Start at the line with "result.space.now ≡ space.old" in the records below, stop at the line with "len < 2 ^ 32", and return every line in that span exactly, the two end lines included.

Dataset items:
.....

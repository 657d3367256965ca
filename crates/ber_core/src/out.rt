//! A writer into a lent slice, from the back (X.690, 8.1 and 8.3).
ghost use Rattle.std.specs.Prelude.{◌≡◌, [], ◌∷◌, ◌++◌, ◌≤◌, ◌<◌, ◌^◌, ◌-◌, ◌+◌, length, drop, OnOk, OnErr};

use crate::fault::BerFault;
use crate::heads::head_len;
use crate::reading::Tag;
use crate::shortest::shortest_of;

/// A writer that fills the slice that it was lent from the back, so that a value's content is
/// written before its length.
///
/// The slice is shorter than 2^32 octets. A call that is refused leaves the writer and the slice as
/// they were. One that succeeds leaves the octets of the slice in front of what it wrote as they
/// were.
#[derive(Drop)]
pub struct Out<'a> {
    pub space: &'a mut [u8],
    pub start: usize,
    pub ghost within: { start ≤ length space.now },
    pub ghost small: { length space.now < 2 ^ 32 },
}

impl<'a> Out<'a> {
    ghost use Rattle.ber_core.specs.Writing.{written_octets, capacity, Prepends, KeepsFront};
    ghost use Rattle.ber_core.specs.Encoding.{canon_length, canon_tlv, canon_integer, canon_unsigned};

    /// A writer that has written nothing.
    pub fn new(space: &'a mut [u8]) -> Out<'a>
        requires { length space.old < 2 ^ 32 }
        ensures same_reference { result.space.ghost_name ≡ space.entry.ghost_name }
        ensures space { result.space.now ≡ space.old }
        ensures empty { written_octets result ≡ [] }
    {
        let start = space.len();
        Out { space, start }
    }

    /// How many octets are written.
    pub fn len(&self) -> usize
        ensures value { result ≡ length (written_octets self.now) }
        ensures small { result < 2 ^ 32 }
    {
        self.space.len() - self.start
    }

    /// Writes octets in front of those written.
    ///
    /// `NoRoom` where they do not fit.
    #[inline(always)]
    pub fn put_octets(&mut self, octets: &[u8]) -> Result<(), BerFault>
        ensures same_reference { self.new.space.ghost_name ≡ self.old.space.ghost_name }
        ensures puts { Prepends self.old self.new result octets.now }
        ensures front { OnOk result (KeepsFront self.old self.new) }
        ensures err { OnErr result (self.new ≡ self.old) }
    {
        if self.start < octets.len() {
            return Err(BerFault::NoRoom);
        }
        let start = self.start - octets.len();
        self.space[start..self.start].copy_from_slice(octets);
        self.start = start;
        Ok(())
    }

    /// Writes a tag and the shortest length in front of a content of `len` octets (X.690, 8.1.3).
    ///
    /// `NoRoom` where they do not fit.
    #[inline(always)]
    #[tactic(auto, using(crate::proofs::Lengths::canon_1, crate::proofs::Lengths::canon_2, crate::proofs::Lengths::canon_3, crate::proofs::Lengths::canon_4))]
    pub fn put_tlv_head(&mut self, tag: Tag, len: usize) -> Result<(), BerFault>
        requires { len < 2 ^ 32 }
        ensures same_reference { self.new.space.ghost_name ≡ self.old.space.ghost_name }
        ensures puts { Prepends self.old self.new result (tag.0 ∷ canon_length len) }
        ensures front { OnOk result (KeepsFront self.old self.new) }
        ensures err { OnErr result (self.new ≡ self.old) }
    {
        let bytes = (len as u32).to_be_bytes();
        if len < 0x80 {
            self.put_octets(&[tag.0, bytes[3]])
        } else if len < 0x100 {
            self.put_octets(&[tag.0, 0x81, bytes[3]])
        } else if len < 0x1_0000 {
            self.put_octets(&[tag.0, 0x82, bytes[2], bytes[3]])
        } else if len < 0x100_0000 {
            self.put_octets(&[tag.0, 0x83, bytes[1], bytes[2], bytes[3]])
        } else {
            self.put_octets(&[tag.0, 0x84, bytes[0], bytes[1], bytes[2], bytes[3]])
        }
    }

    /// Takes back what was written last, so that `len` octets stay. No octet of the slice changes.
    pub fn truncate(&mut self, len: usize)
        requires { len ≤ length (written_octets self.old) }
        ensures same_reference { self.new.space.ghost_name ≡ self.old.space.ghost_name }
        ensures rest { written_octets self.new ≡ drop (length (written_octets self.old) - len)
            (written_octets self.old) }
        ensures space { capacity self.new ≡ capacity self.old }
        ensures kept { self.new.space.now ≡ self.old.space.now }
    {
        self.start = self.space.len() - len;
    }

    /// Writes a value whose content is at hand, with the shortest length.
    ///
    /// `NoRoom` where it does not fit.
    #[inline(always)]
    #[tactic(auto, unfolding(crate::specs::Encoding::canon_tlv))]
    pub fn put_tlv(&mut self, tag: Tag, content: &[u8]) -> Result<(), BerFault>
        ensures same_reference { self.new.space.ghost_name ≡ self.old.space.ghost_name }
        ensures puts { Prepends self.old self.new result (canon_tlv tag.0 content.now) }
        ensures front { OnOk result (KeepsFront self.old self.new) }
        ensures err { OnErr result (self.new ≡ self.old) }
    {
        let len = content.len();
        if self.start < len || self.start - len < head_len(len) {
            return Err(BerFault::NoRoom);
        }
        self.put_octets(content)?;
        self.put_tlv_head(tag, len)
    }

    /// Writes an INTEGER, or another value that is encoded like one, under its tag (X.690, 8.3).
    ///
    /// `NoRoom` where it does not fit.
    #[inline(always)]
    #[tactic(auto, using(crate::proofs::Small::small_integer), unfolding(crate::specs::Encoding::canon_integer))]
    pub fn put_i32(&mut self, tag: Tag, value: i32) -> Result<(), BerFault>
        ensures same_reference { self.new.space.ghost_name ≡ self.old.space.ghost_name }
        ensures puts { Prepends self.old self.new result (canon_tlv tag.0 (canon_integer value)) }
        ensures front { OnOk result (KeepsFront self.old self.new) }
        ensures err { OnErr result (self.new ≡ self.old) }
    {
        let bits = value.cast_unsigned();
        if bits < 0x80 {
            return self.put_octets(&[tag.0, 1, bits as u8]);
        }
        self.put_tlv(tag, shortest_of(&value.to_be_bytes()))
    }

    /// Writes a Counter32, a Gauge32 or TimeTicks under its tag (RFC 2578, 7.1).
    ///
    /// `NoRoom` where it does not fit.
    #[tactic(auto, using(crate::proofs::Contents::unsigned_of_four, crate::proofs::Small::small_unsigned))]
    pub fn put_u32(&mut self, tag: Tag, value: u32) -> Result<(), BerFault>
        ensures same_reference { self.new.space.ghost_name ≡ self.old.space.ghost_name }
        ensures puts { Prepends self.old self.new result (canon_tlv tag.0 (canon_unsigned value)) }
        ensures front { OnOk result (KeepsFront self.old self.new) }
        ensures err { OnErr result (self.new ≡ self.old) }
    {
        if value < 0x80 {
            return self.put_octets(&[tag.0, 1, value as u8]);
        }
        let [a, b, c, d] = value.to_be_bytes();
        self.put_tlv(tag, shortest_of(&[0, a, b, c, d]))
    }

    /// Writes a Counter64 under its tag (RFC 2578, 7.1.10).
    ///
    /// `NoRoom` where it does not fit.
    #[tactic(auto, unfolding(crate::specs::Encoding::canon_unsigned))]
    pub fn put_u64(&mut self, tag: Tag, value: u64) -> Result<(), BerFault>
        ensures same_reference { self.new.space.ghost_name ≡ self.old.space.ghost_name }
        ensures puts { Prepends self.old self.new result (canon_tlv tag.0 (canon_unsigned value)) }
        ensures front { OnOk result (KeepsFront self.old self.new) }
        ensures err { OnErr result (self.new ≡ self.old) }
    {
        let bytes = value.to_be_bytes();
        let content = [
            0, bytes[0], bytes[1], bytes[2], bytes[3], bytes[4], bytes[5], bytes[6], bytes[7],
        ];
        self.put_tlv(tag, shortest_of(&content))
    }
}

.....

### Reply
        ensures space { result.space.now ≡ space.old }
        ensures empty { written_octets result ≡ [] }
    {
        let start = space.len();
        Out { space, start }
    }

    /// How many octets are written.
    pub fn len(&self) -> usize
        ensures value { result ≡ length (written_octets self.now) }
        ensures small { result < 2 ^ 32 }
    {
        self.space.len() - self.start
    }

    /// Writes octets in front of those written.
    ///
    /// `NoRoom` where they do not fit.
    #[inline(always)]
    pub fn put_octets(&mut self, octets: &[u8]) -> Result<(), BerFault>
        ensures same_reference { self.new.space.ghost_name ≡ self.old.space.ghost_name }
        ensures puts { Prepends self.old self.new result octets.now }
        ensures front { OnOk result (KeepsFront self.old self.new) }
        ensures err { OnErr result (self.new ≡ self.old) }
    {
        if self.start < octets.len() {
            return Err(BerFault::NoRoom);
        }
        let start = self.start - octets.len();
        self.space[start..self.start].copy_from_slice(octets);
        self.start = start;
        Ok(())
    }

    /// Writes a tag and the shortest length in front of a content of `len` octets (X.690, 8.1.3).
    ///
    /// `NoRoom` where they do not fit.
    #[inline(always)]
    #[tactic(auto, using(crate::proofs::Lengths::canon_1, crate::proofs::Lengths::canon_2, crate::proofs::Lengths::canon_3, crate::proofs::Lengths::canon_4))]
    pub fn put_tlv_head(&mut self, tag: Tag, len: usize) -> Result<(), BerFault>
        requires { len < 2 ^ 32 }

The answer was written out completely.